** Task details **
Below are several entries. Transcribe exactly those lines that fall from the one with "It takes it." through the one with "pub struct Chunk", end lines included.

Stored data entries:
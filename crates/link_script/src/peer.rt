//! The scripts of peers, as a board file writes them.
use link_trait::Addr;
use std::marker::Model;

/// What a peer is.
#[derive(Clone, Copy, Debug, PartialEq, Eq)]
pub enum PeerKind {
    /// It connects to a port of the chip.
    Client,
    /// It waits at its address for the chip to connect.
    Server,
    /// It exchanges datagrams with a port of the chip.
    Udp,
}

/// What a server answers to the one connection that it meets.
#[derive(Clone, Copy, Debug, PartialEq, Eq)]
pub enum Connects {
    /// It takes it.
    Fine,
    /// It refuses.
    Refused,
    /// It never answers.
    Timeout,
}

/// Bytes that a peer says at once. Contracts see the list of its bytes, and `after`.
#[derive(Debug, Drop)]
pub struct Chunk {
    /// They can be read once so many bytes were given to the peer.
    pub after: u32,
    /// The bytes.
    pub bytes: Vec<u8>,
}

impl Model for Chunk {
    ghost use Rattle.link_script.specs.Scripts.{Said};

    ghost Value = { Said };

    ghost view = { λ chunk. record { after = chunk.after; bytes = chunk.bytes.items } };
}

/// The script of a peer. Contracts see its lists.
#[derive(Debug, Drop)]
pub struct Peer {
    /// What it is.
    pub kind: PeerKind,
    /// Its address.
    pub addr: Addr,
    /// The port of the chip that a client connects to or a datagram peer talks to; of a server it has no meaning.
    pub chip: u16,
    /// What a server answers to a connection; of other peers it has no meaning.
    pub connect: Connects,
    /// How many bytes it takes at most at each write, 0 for none now; a datagram is taken whole. After the end of the list it
    /// takes all.
    pub takes: Vec<u32>,
    /// How many bytes it takes in all.
    pub room: u32,
    /// What it says, in order.
    pub say: Vec<Chunk>,
    /// It ends once it has said all and was given so many bytes; `None` where it never ends.
    pub end: Option<u32>,
    /// Which of its calls fails, from 1; 0 for none.
    pub fail: u32,
    /// How many times it answers NotYet before it makes its connection, before each chunk, and before it ends.
    pub lag: u16,
}

impl Model for Peer {
    ghost use Rattle.link_script.specs.Scripts.{Script};

    ghost Value = { Script };

    ghost view = { λ peer. record { kind = peer.kind; addr = peer.addr; chip = peer.chip; connect = peer.connect; takes = peer.takes.items; room = peer.room; say = peer.say.items; end = peer.end; fail = peer.fail; lag = peer.lag } };
}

** Worked solution **
    /// It takes it.
    Fine,
    /// It refuses.
    Refused,
    /// It never answers.
    Timeout,
}

/// Bytes that a peer says at once. Contracts see the list of its bytes, and `after`.
#[derive(Debug, Drop)]
pub struct Chunk {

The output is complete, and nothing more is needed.